LIVERMORE FALLS — School directors voted 9-2 Thursday to approve the recommended community survey questionnaire pertaining to the future of the school system and possible consolidation with another district.

Some members of the Board of Directors of Regional School Unit 36, which serves Livermore and Livermore Falls, have been working on an ad-hoc committee in collaboration with representatives from Jay and Fayette to develop the survey.

Jay has already received more than 320 community surveys back. Fayette is expected to vote on the survey soon.

A return, addressed envelope with a stamp on it will accompany the survey, and Director Denise Rodzen, a member of the collaboration committee, said she has stamped more than 2,300.

Director Rod Newman and board Chairman Ashley O’Brien opposed the survey and distributing it. Neither were in favor of consolidating with Jay the first time around. Director Katie Castonguay abstained.

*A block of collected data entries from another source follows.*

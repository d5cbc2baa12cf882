ghost use Rattle.std.specs.Prelude.{◌≡◌, ◌≢◌, ◌<◌, ◌&&◌, ◌||◌, ◌==◌, nat_le, length, take, slice_index, MatchOption, IfSome};
ghost use Rattle.std.specs.Str.{is_utf8};
ghost use Rattle.c_lexer.specs.Bytes.{is_plain, is_escape};
ghost use Rattle.c_lexer.specs.Units.{closes_character, closes_string};
ghost use Rattle.c_lexer.specs.Prefixes.{IsLongest, IsOnly, NonePasses, Skips};

use std::str;

/// How long the rest of a character is, with its closing quote, or none where it is none.
pub fn character_len(tail: &[u8]) -> Option<usize>
    ensures { MatchOption result (NonePasses closes_character tail.now) (IsLongest closes_character tail.now) }
{
    if ends_character(tail, 3) {
        Some(3)
    } else if ends_character(tail, 2) {
        Some(2)
    } else {
        None
    }
}

/// Whether the prefix of this length is the rest of a character.
fn ends_character(tail: &[u8], len: usize) -> bool
    ensures { result ≡ (nat_le len (length tail.now) && closes_character (take len tail.now)) }
{
    len <= tail.len() && closes_character(&tail[..len])
}

/// Whether the bytes are one byte or escape and a quote.
fn closes_character(bytes: &[u8]) -> bool
    ensures { result ≡ closes_character bytes.now }
{
    match bytes {
        [byte, b'\''] => is_plain(*byte, b'\''),
        [b'\\', escape, b'\''] => is_character_escape(*escape),
        _ => false,
    }
}

/// How long the rest of a string is, with its closing quote, or none where it is none.
pub fn string_len(tail: &[u8]) -> Option<usize>
    ensures { MatchOption result (NonePasses (λ s. closes_string s && is_utf8 s) tail.now) (IsLongest (λ s. closes_string s && is_utf8 s) tail.now) }
{
    match closing_len(tail) {
        Some(len) => {
            if is_text(&tail[..len]) {
                Some(len)
            } else {
                None
            }
        }
        None => None,
    }
}

/// Whether the bytes are UTF-8.
fn is_text(bytes: &[u8]) -> bool
    ensures { result ≡ is_utf8 bytes.now }
{
    match str::from_utf8(bytes) {
        Ok(_) => true,
        Err(_) => false,
    }
}

/// How long the rest of a string is, whether it is UTF-8 or not.
fn closing_len(tail: &[u8]) -> Option<usize>
    ensures { MatchOption result (NonePasses closes_string tail.now) (IsOnly closes_string tail.now) }
{
    let mut at = 0;
    while at < tail.len() {
        let (_, rest) = tail.split_at(at);
        if rest[0] == b'"' {
            return Some(at + 1);
        }
        match item_len(rest) {
            Some(len) => at += len,
            None => return None,
        }
    }
    None
}

/// The length of the escape or byte that is in a string, or none where it can't stand there.
fn item_len(rest: &[u8]) -> Option<usize>
    requires some { 0 < length rest.now }
    requires inside { slice_index rest.now 0 ≢ 34 }
    ensures item { MatchOption result (NonePasses closes_string rest.now) (Skips closes_string rest.now) }
    ensures some { IfSome result (λ n. 0 < n) }
{
    if rest[0] != b'\\' {
        return if stands_in_string(rest[0]) {
            Some(1)
        } else {
            None
        };
    }
    if 1 < rest.len() && is_escape(rest[1]) {
        Some(2)
    } else {
        None
    }
}

/// Whether the byte is in a string as itself.
fn stands_in_string(byte: u8) -> bool
    ensures { result ≡ ((is_plain 34 byte || (byte == 9)) || nat_le 128 byte) }
{
    is_plain(byte, b'"') || byte == b'\t' || byte >= 128
}

/// Whether the byte stands between such quotes as itself.
fn is_plain(byte: u8, quote: u8) -> bool
    ensures { result ≡ is_plain quote byte }
{
    matches!(byte, b' '..=b'~') && byte != quote && byte != b'\\'
}

fn is_escape(byte: u8) -> bool
    ensures { result ≡ is_escape byte }
{
    matches!(byte, b'n' | b't' | b'r' | b'\\' | b'\'' | b'"')
}

fn is_character_escape(byte: u8) -> bool
    ensures { result ≡ (is_escape byte || (byte == 48)) }
{
    is_escape(byte) || byte == b'0'
}
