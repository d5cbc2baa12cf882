use dsu_io::Text;
use std::alloc::AllocError;

/// What a token is.
#[derive(Clone, Copy, Debug, PartialEq, Eq)]
pub enum TokenKind {
    /// A name that the program is free to declare.
    Identifier,
    /// A keyword of C11 (6.4.1).
    Keyword,
    /// A name of the library, or of updating, that the language knows and a program can't declare (7.1.3).
    LibraryWord,
    Number,
    Character,
    Str,
    /// A punctuator (6.4.6).
    Punctuator,
}

/// A token of a text.
#[derive(Drop)]
pub struct Token {
    pub kind: TokenKind,
    /// The place of its first byte, counted in bytes from 0.
    pub at: usize,
    /// Its length in bytes.
    pub len: usize,
    /// Its bytes as they are in the text.
    pub text: Text,
}

/// Why a text has no token list. Each place is a byte's, counted from 0.
#[derive(Clone, Copy, Debug, PartialEq, Eq)]
pub enum LexFault {
    /// No blank, comment or token begins at the place.
    BadByte(usize),
    /// A number, character or string that begins at the place is malformed or has no value.
    BadLiteral(usize),
    /// A line that begins with `#` at the place and includes none of the known headers.
    Directive(usize),
    /// One token more than `MOST_TOKENS` is in the text; the place is its first byte's.
    TooMany(usize),
    /// Lack of memory.
    Memory,
}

Voters in Livermore, Livermore Falls and Jay all rejected consolidating with each other earlier this year. Fayette residents also rejected a plan to join Readfield, Winthrop and other towns in a joint system.

Each town was to pay a state penalty for failure to consolidate, but the state gave a one-year reprieve to see if noncompliant districts could come into compliance with the new law.

The survey asks if the respondent would recommend putting together a plan that would lead to a revote with one or more area school systems.

Another question asks if Livermore and Livermore Falls residents want to partner with Fayette, Turner area schools, Farmington area schools, Winthrop, Jay or other school systems.

Newman said he objected to questions on the survey.

“I find the questions very leading,” Newman said. He specifically mentioned No. 5 which asks “Would you support keeping Livermore Falls High School open regardless of cost?”

“I can’t approve a questionnaire with leading questions,” he said.

Rodzen said the survey was sent out to directors prior to the meeting to receive feedback to iron out kinks. She said the survey was sent with sufficient time before the meeting and she would have appreciated if he had gotten back to her prior to the meeting.

The whole idea of questions, Rodzen said, came from the town managers of each town.

Newman said he considered the words “regardless of cost” a roadblock that would prompt the survey taker to say no to keeping the school open. He suggested taking those words out.

Director Jennifer Pooler, also on the collaboration committee, said then they would never know how the community felt. You have to almost prompt people to give an answer, she said.

“It really doesn’t matter how you word these questions. They are going to lead different things to different people,” board Vice Chairman Mac Haynes said, also a member of the committee.

“We did as good a job on this survey as we thought possible,” he said.

Ideas for rewording the question were tossed around before the wording was left as is and the vote taken.

Students at the Progressive Learning Center, an alternate education program, plan to help put the survey in the envelopes to send out as part of their community service, Rodzen said.